Posted at 6:11 AM, Sep 16, 2019
and last updated 2019-09-16 11:08:24-04

TUCSON, Ariz. - They care for our pets, and sometimes even save their lives, but a new study suggests veterinarians need more help from us.

A study published by the Center for Disease Control and Prevention found there is a "higher than expected number of suicide deaths among veterinarians."

The study found female veterinarians were "3.5 times as likely, and males were 2.1 times as likely, to die from suicide as the general population."

It also found that since the year 2000," the proportion of female veterinarians who died by suicide remained stable at 10 percent."

The study found several factors can play a role in the increase for suicides among veterinarians.

Those factors include work overload, increasing debt, poor work-life balance, and access to euthanasia solution used for animals.

Alexa Hollingsworth, a veterinarian at the Pima Animal Care Center, has been doing the job for less than a year, but she says the amount of responsibilities can weigh on a person.

“We triage all day, emergency that may be transfers from other surrounding clinics, and we triage our in patients that are often dropped off from the community as strays or surrenders, and then we go through fosters. So we have I think over 1000 animals in foster, majority need followers-up medical care so we have appointments to see them throughout the day as well as routine say and neuter and other more elective type surgeries," said Hollingsworth.

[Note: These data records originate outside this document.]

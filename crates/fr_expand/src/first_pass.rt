//! The first pass over the forms: each is looked at by itself, behind those before it.
ghost use Rattle.std.specs.Prelude.{◌≡◌, ◌+◌, ◌≤◌, ◌<◌, ℕ, List, Some, map, nat_lt, length, IfOk, OnOk};
ghost use Rattle.fr_value.specs.Data.{total};
ghost use Rattle.fr_core.specs.WellFormed.{deepest_nesting};
ghost use Rattle.fr_syntax.specs.Outlines.{Global as GlobalName};
ghost use Rattle.fr_syntax.specs.Weights.{form_weight};
ghost use Rattle.fr_scope.specs.Meanings.{most_numbered};
ghost use Rattle.fr_expand.specs.Expansion.{most_weight};
ghost use Rattle.fr_expand.specs.Items.{form_core};
ghost use Rattle.fr_expand.specs.Passes.{fault_kind, form_kind, nests, nothing_yet, refusal_from};
ghost use Rattle.fr_expand.specs.Shaped.{earlier_of, AreNamed};

use crate::depth::depth;
use crate::earlier::EarlierNames;
use crate::faults::Faults;
use crate::refusal::{Kind, Refusal};
use fr_scope::Globals;
use fr_syntax::Form;
use std::alloc::{AllocError, Global};

/// How deep an expression may nest.
const NESTING_LIMIT: u32 = 500;

/// The first refusal of forms that have a shape, looked at for names and nesting.
pub(crate) fn first_refusal(
    alloc: Global,
    globals: &Globals,
    forms: &[Form],
) -> Result<Option<Refusal>, AllocError>
    requires { total (map form_weight forms.now) ≤ most_weight }
    ensures { IfOk result (λ r. r ≡ refusal_from globals.now 1 nothing_yet (map Some forms.now)) }
{
    let mut earlier = EarlierNames::none(alloc);
    refusal_behind(alloc, globals, &mut earlier, forms)
}

/// The first refusal of forms behind earlier ones that gave these names. They are numbered from 1.
fn refusal_behind<'a>(
    alloc: Global,
    globals: &Globals,
    earlier: &mut EarlierNames<'a>,
    forms: &'a [Form],
) -> Result<Option<Refusal>, AllocError>
    requires named { AreNamed earlier.old.values }
    requires few { length earlier.old.values ≤ most_weight }
    requires small { total (map form_weight forms.now) ≤ most_weight }
    ensures { IfOk result (λ r. r ≡ refusal_from globals.now 1 (earlier_of earlier.old) (map Some forms.now)) }
{
    for (at, form) in forms.iter().enumerate() {
        if let Some(kind) = form_kind(alloc, globals, earlier, form)? {
            return Ok(Some(Refusal::at(at, kind)));
        }
        earlier.add(form)?;
    }
    Ok(None)
}

/// Why a form is refused, if it is.
fn form_kind(
    alloc: Global,
    globals: &Globals,
    earlier: &mut EarlierNames<'_>,
    form: &Form,
) -> Result<Option<Kind>, AllocError>
    requires named { AreNamed earlier.old.values }
    requires few { length earlier.old.values + form_weight form.now ≤ most_numbered }
    ensures found { IfOk result (λ k. k ≡ form_kind globals.now (earlier_of earlier.old) form.now) }
    ensures unchanged { OnOk result (earlier.new ≡ earlier.old) }
{
    let faults = earlier.form_faults(alloc, globals, form)?;
    match fault_kind(faults) {
        Some(kind) => Ok(Some(kind)),
        None if nests_too_deep(form) => Ok(Some(Kind::Nesting)),
        None => Ok(None),
    }
}

/// The first kind of these faults.
fn fault_kind(faults: Faults) -> Option<Kind>
    ensures { result ≡ fault_kind faults }
{
    if faults.name {
        Some(Kind::Name)
    } else if faults.unbound {
        Some(Kind::Unbound)
    } else if faults.twice {
        Some(Kind::Twice)
    } else {
        None
    }
}

/// Whether the core expression of a form nests too deep.
fn nests_too_deep(form: &Form) -> bool
    ensures { (globals : List GlobalName) → (values : List (List ℕ)) → result ≡ nat_lt deepest_nesting (nests (form_core globals values form.now)) }
{
    match form {
        Form::Input(..) | Form::Event(_) => false,
        Form::Function(_, _, expr) | Form::Define(_, expr) | Form::Show(_, expr) => {
            depth(expr) > NESTING_LIMIT
        }
    }
}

Hollingsworth said during her time in veterinary school, mental health was talked about a lot and always brought up, which is why she always makes sure her techs are doing OK.

Because of the suicide rate increase among veterinarians, the 'Not One More Vet' group was formed. The Facebook group is meant to serve as a space where veterinarians can talk to someone who is also in the field and might know what they are going through.

Melanie Goble, who sits on the board for the 'Not One More Vet' group said she's heard from veterinarians from across the country.

"Sometimes it's hey, this situation happened how should I handle it. what did i do wrong, how can I improve, sometimes it is my relationships outside of veterinary medicine are falling apart, I don't know what to do, how do I deal with it," said Goble.

Blue Pearl Veterinary, which has five hospitals in Arizona, is also working on tackling mental health problems by having social workers in their hospitals.

“We’re developing a regional social work structure, which means each region where our hospitals are located will have their own social workers," said Lori Harbert.

Harbert said Blue Pearl is currently working on hiring social workers but they expect to have them trained and in their hospitals within the next year.